The hiring ratio of men v/s women in human resources (HR) has been historically higher and currently stands at a 40:60 ratio, in favour of women, says a recent report by Spectrum Talent Management, a one-stop solution for global-local human talent management.
In 2021, many talent acquisition professionals with organisations focussing on female candidates were hired.
Several factors, including focus on gender diversity, historical and prevailing trend, and perceived higher emotional quotient (EQ), have led more women applicants to HR roles than men. This has largely gone under the category where gender stereotypes have been applied to the field.
Despite the fact that there is a rising emphasis on hiring women, India Inc. is not going overboard. The practice has been minimal, albeit, somewhat variable.
However, as organisations continue to focus on gender diversity, it adds to much higher numbers of women applying for varied HR roles across industries.

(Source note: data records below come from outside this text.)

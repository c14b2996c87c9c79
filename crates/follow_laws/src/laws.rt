//! Laws of following. Each is the contract of a function that does nothing.

ghost use Rattle.std.specs.Prelude.{◌≡◌, List, ◌∷◌, ◌++◌};
ghost use Rattle.rtl_sig.specs.declared.sig.SigBit.{SigBit};
ghost use Rattle.rtl_ir.specs.Flat.Link.{link_rows};
ghost use Rattle.rtl_ir.specs.Flat.Place.{Path, Place};
ghost use Rattle.rtl_ir.specs.Flat.Point.{point};
ghost use Rattle.rtl_ir.specs.Follow.{follow};
ghost use Rattle.rtl_ir.specs.Types.{table_ports};
ghost use Rattle.net_model.specs.Refine.{Solved, SolvedBefore};
ghost use Rattle.net_model.specs.Run.{Time};
ghost use Rattle.net_model.specs.Swap.{with_cells};
ghost use Rattle.net_model.specs.Valuation.{Valuation};
ghost use Rattle.follow_laws.specs.Alike.{ReadAlike};
ghost use Rattle.follow_laws.specs.Inputs.{MayFollow, followed, followed_cell};
ghost use Rattle.pass_laws.specs.Pass.{IsPass};
ghost use Rattle.pass_laws.specs.Ready.{IsReady};

use rtl_ir::{Cell, Link, Module, PortTable, Wire};

/// Where the rows of connections are solved, and in the step before were, a bit and what it follows to
/// are read alike.
pub fn followed_bits_are_alike()
    ensures alike { (p : Path) (wires : List Wire) (links : List Link) (t : Time Place) (w : Valuation) →
        Solved (link_rows p wires links) t w → SolvedBefore (link_rows p wires links) t →
        (s : SigBit) → ReadAlike t w (point p wires s) (point p wires (follow links s)) }
{}

/// The inputs of one cell of a module may be followed, or those of all its cells, or of any of them.
pub fn inputs_may_be_followed()
    ensures one { (table : PortTable) (m : Module) → IsReady (table_ports table.modules) m →
        (before : List Cell) (c : Cell) (behind : List Cell) → m.cells ≡ before ++ c ∷ behind →
        IsPass table m (with_cells (before ++ followed_cell (table_ports table.modules) m.links c ∷ behind) m) }
    ensures all { (table : PortTable) (m : Module) → IsReady (table_ports table.modules) m →
        IsPass table m (followed (table_ports table.modules) m) }
    ensures some { (table : PortTable) (m : Module) → IsReady (table_ports table.modules) m →
        (cells : List Cell) → MayFollow (table_ports table.modules) m.links m.cells cells →
        IsPass table m (with_cells cells m) }
{}
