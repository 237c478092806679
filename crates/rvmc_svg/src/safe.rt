//! Bytes that XML allows.

ghost use Rattle.std.specs.Prelude.{◌≡◌, ◌++◌, OnOk};
ghost use Rattle.std.specs.List.{flat_map};
ghost use Rattle.rvmc_svg.specs.Adding.{safe_one};
ghost use Rattle.rvmc_svg.specs.Escaped.{escaped, safe_byte as safe_byte_of};

use std::io;

/// The byte where it is a printed character of ASCII or a newline, else a dot.
fn safe_byte(byte: u8) -> u8
    ensures { result ≡ safe_byte_of byte }
{
    if byte == 10 {
        byte
    } else if 32 <= byte && byte <= 126 {
        byte
    } else {
        b'.'
    }
}

/// Adds a byte, escaped where it would be markup (XML 1.0, 2.4).
#[tactic(auto, unfolding(crate::specs::Escaped::escaped))]
fn put_byte(text: &mut Vec<u8>, byte: u8) -> io::Result<()>
    ensures { OnOk result (text.new.items ≡ text.old.items ++ escaped byte) }
{
    match byte {
        b'&' => text.extend_from_slice(b"&amp;")?,
        b'<' => text.extend_from_slice(b"&lt;")?,
        b'>' => text.extend_from_slice(b"&gt;")?,
        b'"' => text.extend_from_slice(b"&quot;")?,
        _ => text.push(safe_byte(byte))?,
    }
    Ok(())
}

/// Adds bytes of a guest as text.
pub(crate) fn put_text(text: &mut Vec<u8>, bytes: &[u8]) -> io::Result<()>
    ensures { OnOk result (text.new.items ≡ text.old.items ++ flat_map escaped bytes.now) }
{
    for byte in bytes {
        put_byte(text, *byte)?;
    }
    Ok(())
}

/// Adds the safe bytes of these.
pub(crate) fn put_safe(text: &mut Vec<u8>, bytes: &[u8]) -> io::Result<()>
    ensures { OnOk result (text.new.items ≡ text.old.items ++ flat_map safe_one bytes.now) }
{
    for byte in bytes {
        text.push(safe_byte(*byte))?;
    }
    Ok(())
}
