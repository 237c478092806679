//! The end: whom each hart that waits there waits for, and what is told of it.

use crate::forms::{AWAITED, HEAD, OWN, ROW, TOLD, WAITS, WAITS_FOR};
use crate::layout::Layout;
use crate::pieces::Piece::{Across, Guest, Hart, Number, Rank, Words};
use crate::pieces::put;
use rvmc_draw::Row;
use std::io;

/// How far apart two rows are, and two lines.
const ROWS_APART: u64 = 18;

const LINES_APART: u64 = 14;

/// The middle of the page.
const MIDDLE: u64 = 5_000;

/// Adds a row's heads, of this class, at each rank that the hart waits for, or that it waits for its own.
fn put_heads(
    text: &mut Vec<u8>,
    layout: &Layout<'_>,
    row: &Row,
    own: u64,
    down: u64,
    class: &'static str,
) -> io::Result<()> {
    for rank in row.awaited.as_slice() {
        let at = layout.rank_at(*rank);
        let name = Words(if at < own { "to-left" } else { "to-right" });
        put(text, HEAD, &[name, Words(class), Across(at), Number(down)])?;
    }
    if !row.awaited.is_empty() {
        return Ok(());
    }
    let (anchor, dx) = if own > MIDDLE {
        (Words("end"), Words("-9"))
    } else {
        (Words("start"), Words("9"))
    };
    let down = Number(down.saturating_add(4));
    put(text, OWN, &[anchor, dx, Across(own), down])
}

/// Adds a row: its title, its line, over the hart's lane and each rank that it waits for, its begin, at the hart's lane, and
/// its heads.
fn put_row(text: &mut Vec<u8>, layout: &Layout<'_>, row: &Row, down: u64) -> io::Result<()> {
    let own = layout.lane_at(row.rank, row.hart);
    let mut least = own;
    let mut most = own;
    put(text, WAITS, &[Rank(row.rank), Hart(row.hart)])?;
    for rank in row.awaited.as_slice() {
        put(text, AWAITED, &[Rank(*rank)])?;
        let at = layout.rank_at(*rank);
        least = least.min(at);
        most = most.max(at);
    }
    let itself = if row.awaited.is_empty() {
        " its own rank"
    } else {
        ""
    };
    // of a rank in a deadlock, or of another
    let (stuck, line, begin, head) = if row.stuck {
        (": in a deadlock", "rule", "ever", "red")
    } else {
        ("", "lane", "wait", "dim")
    };
    put(
        text,
        ROW,
        &[
            Words(itself),
            Words(stuck),
            Words(line),
            Across(least),
            Across(most),
            Number(down),
            Words(begin),
            Across(own),
        ],
    )?;
    put_heads(text, layout, row, own, down, head)?;
    put(text, "</g>\n", &[])
}

/// Adds what the rows are, and the rows, from this one on, and tells where they end.
pub(crate) fn put_rows(text: &mut Vec<u8>, layout: &Layout<'_>, from: u64) -> io::Result<u64> {
    let rows = layout.drawing.rows.as_slice();
    let mut down = from;
    if !rows.is_empty() {
        put(text, WAITS_FOR, &[Number(down.saturating_add(3))])?;
    }
    for row in rows {
        put_row(text, layout, row, down)?;
        down = down.saturating_add(ROWS_APART);
    }
    Ok(down)
}

/// Where a line of the end is parted, so that it fits a narrow page: before what a hart waits for, behind the comma of a place
/// that has a line, or else before the name of the call, which is the last ` in ` with ` for ` behind it.
fn parted(line: &[u8]) -> usize {
    let mut found = line.len();
    let mut last = line.len();
    for at in 0..line.len() {
        if line[at..].starts_with(b" in ") {
            last = at;
        }
        if line[at..].starts_with(b" for ") {
            found = if line[..at].ends_with(b",") { at } else { last };
        }
    }
    found
}

/// Adds what is told, from this row on, and tells where it ends: each line in one or two, but the verdict on a deadlock in one.
pub(crate) fn put_told(text: &mut Vec<u8>, told: &[u8], from: u64) -> io::Result<u64> {
    let mut down = from;
    let mut begun: usize = 0;
    for at in 0..told.len() {
        if told[at] != b'\n' {
            continue;
        }
        let line = &told[begun.min(at)..at];
        begun = at.saturating_add(1);
        let (class, part) = if line.starts_with(b"deadlock: ") {
            (Words("red bold"), line.len())
        } else {
            (Words("ink"), parted(line).min(line.len()))
        };
        let begin = Guest(&line[..part]);
        put(text, TOLD, &[class, Number(12), Number(down), begin])?;
        down = down.saturating_add(LINES_APART);
        if part < line.len() {
            let rest = Guest(&line[part..]);
            put(text, TOLD, &[class, Number(28), Number(down), rest])?;
            down = down.saturating_add(LINES_APART);
        }
    }
    Ok(down)
}
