//! Room for what is written beside marks and arrows.

use std::alloc::AllocError;

/// How high a line of writing is.
const HIGH: u64 = 12;

/// How wide a letter is, about, in pixels.
pub(crate) const LETTER: u64 = 6;

/// How wide a letter is at most, and how many pixels a page has at least that shows more than marks and places.
const WIDEST: u64 = 11;

pub(crate) const NARROW: u64 = 700;

/// The width of the page, in hundredths of a per cent.
const WHOLE: u64 = 10_000;

/// Where something is written already: from here to there across, and the row.
#[derive(Clone, Copy, Drop)]
pub(crate) struct Place {
    left: u64,
    right: u64,
    row: u64,
}

/// All places where something is written, on a page of so many pixels.
#[derive(Drop)]
pub(crate) struct Places {
    pub page: u64,
    pub taken: Vec<Place>,
}

impl Places {
    /// So many pixels, as a length across.
    pub(crate) fn pixels(&self, count: u64) -> u64 {
        count.saturating_mul(WHOLE) / self.page.max(1)
    }

    /// Whether so many letters fit between this place and the page's edge at its left or its right, the first of them so
    /// many pixels beside the place: whichever letters they are, and also where the page is shown as narrow as it may be.
    pub(crate) fn is_inside(&self, left: bool, at: u64, beside: u64, letters: usize) -> bool {
        let there = if left { at } else { WHOLE.saturating_sub(at) };
        let room = there.saturating_mul(self.page.min(NARROW)) / WHOLE;
        let wide = (letters as u64).saturating_mul(WIDEST);
        beside.saturating_add(wide) <= room
    }

    /// Takes the place, if nothing is written there.
    pub(crate) fn take(&mut self, left: u64, width: u64, row: u64) -> Result<bool, AllocError> {
        let right = left.saturating_add(width);
        for other in self.taken.as_slice() {
            let high = other.row.max(row).saturating_sub(other.row.min(row));
            if other.left < right && left < other.right && high < HIGH {
                return Ok(false);
            }
        }
        self.taken.push(Place { left, right, row })?;
        Ok(true)
    }
}
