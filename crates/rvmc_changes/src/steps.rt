//! The change of a step.

use crate::edits::Edit;
use rv_hart::Mode;

/// Where a hart stands.
#[derive(Clone, Copy, Drop)]
pub struct Stand {
    pub pc: u64,
    pub mode: Mode,
}

/// What a step changed, old and new.
#[derive(Drop)]
pub struct Change {
    pub rank: u8,
    pub hart: u8,
    pub old: Stand,
    pub new: Stand,
    /// Of the hart.
    pub registers: Vec<Edit>,
    /// Of the rank's memory.
    pub bytes: Vec<Edit>,
    /// What came behind the rank's output.
    pub put: Vec<u8>,
}
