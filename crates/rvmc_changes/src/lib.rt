//! What each step of a record changes, old and new, as data.
//!
//! The meaning stands in specs/: what is seen of a cluster, the change of a step, what the changes of steps come to where
//! they are done one after another, and where they are undone, the last first; and what a walk through a record is.
#![tactic(auto)]

mod before;
mod edits;
pub mod laws;
mod making;
mod starts;
mod steps;
mod walking;
mod walks;

pub use cl_replay::{ClusterState, ReplayFault};
pub use edits::Edit;
pub use starts::{HartStart, RankStart};
pub use steps::{Change, Stand};
pub use walking::{begin, go_on};
pub use walks::Walk;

“HR has always been a female-dominated arena, with 60% of HR roles getting closed with women applicants. Even though HR hiring is not done with specific gender on the agenda, there is a push for gender diversity from top management that eventually works in favour of women HR professionals. For years, the number of women applicants is by default higher than men, and the exact reason for female dominance in the HR field may not be a single cause but rather an amalgamation of various business, psychological, societal, cultural factors,” says Sidharth Agarwal, director, Spectrum Talent Management.
More and more female employees are being recruited also to fill the gender diversity gap. This ratio is different in tier 2 and 3 cities where the prime businesses are manufacturing, and HR is usually plant based.
In plant-based setup the HR department usually has more men. Though, HR professionals need to be empathetic and good at multitasking, and women take this role naturally, which makes them a better fit for the HR function.